I followed SheSimmers' recipe fairly closely with the following modifications:
- Used soy sauce instead of fish sauce in the sauce (oh my thats a lot of sauce in one sentence). Mostly because I didn't want to buy another bottle of fish sauce for Ajax when I had a lot leftover back downtown. For future iterations, I'll use a 1:1 ratio of soy to fish sauce.
- Used brown sugar instead of palm sugar, and Chinese rock sugar instead of brown sugar in the sauce. Not a good idea since it took forever to melt the rock sugar. For future iterations, I'll probably keep the brown sugar sub but use honey or whatever unrefined sugar I pick up at Bulk Barn for the rest of the sweetener.

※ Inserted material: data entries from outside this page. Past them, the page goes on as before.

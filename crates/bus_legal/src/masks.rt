//! Sets of small numbers, kept as the bits of a mask.
ghost use Rattle.std.specs.Prelude.{◌≡◌, ◌<◌, ◌≤◌, ℕ, if◌then◌else◌, true};
ghost use Rattle.bus_word.specs.Mask.{has_bit};
ghost use Rattle.bus_legal.specs.Tables.{largest_in};

/// The mask with the bits of `given` set, or with them cleared.
pub fn with_bits(mask: u32, given: u32, set: bool) -> u32
    ensures { (i : ℕ) → i < 32 → has_bit result i ≡ (if has_bit given i then set else has_bit mask i) }
{
    if set { mask | given } else { mask & !given }
}

/// The largest word count of a mask in which bit `n - 1` stands for a word count of `n`, or 0 where
/// it has none.
pub fn largest_count(mask: u32) -> usize
    ensures count { result ≡ largest_in mask }
    ensures room { result ≤ 32 }
{
    (32 - mask.leading_zeros()) as usize
}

- Didn't use shrimp, so I was mostly left on my own to figure out the timing of how long to cook the noodles for. My impression from reading her recipe is that there's real danger of overcooking the noodles, which did not turn out to be the case (perhaps I bought a different kind of rice noodles?). In fact I had the opposite problem of the noodles taking a long time to cook through. I needed to add extra water at the end and steam the noodles for a bit with the lid on to soften the noodles to al-dente.
- Used more chives and also cooked it and the bean sprouts since I don't like raw veggies too much. Sticking with this method for future iterations.
- Used onions instead of shallot, because too much trouble to stock another allium.
- Cut the salted preserved radish into strips instead of a fine dice since it's easier to pick up along with the noodles.
- I like a ton of chopped peanuts (and the juice of an entire quarter of lime cause sour = my preferred dominate flavour in pad thai) as garnish. Bonus for using spicy peanuts.
Here's a handy pictorial guide of my version:
The black numbers are the cooking order. Let me be proud of my mise, it makes cooking so much easier when you can just grab containers and dump its entire content in. Kenji is always right in you can never have too many metal bowls.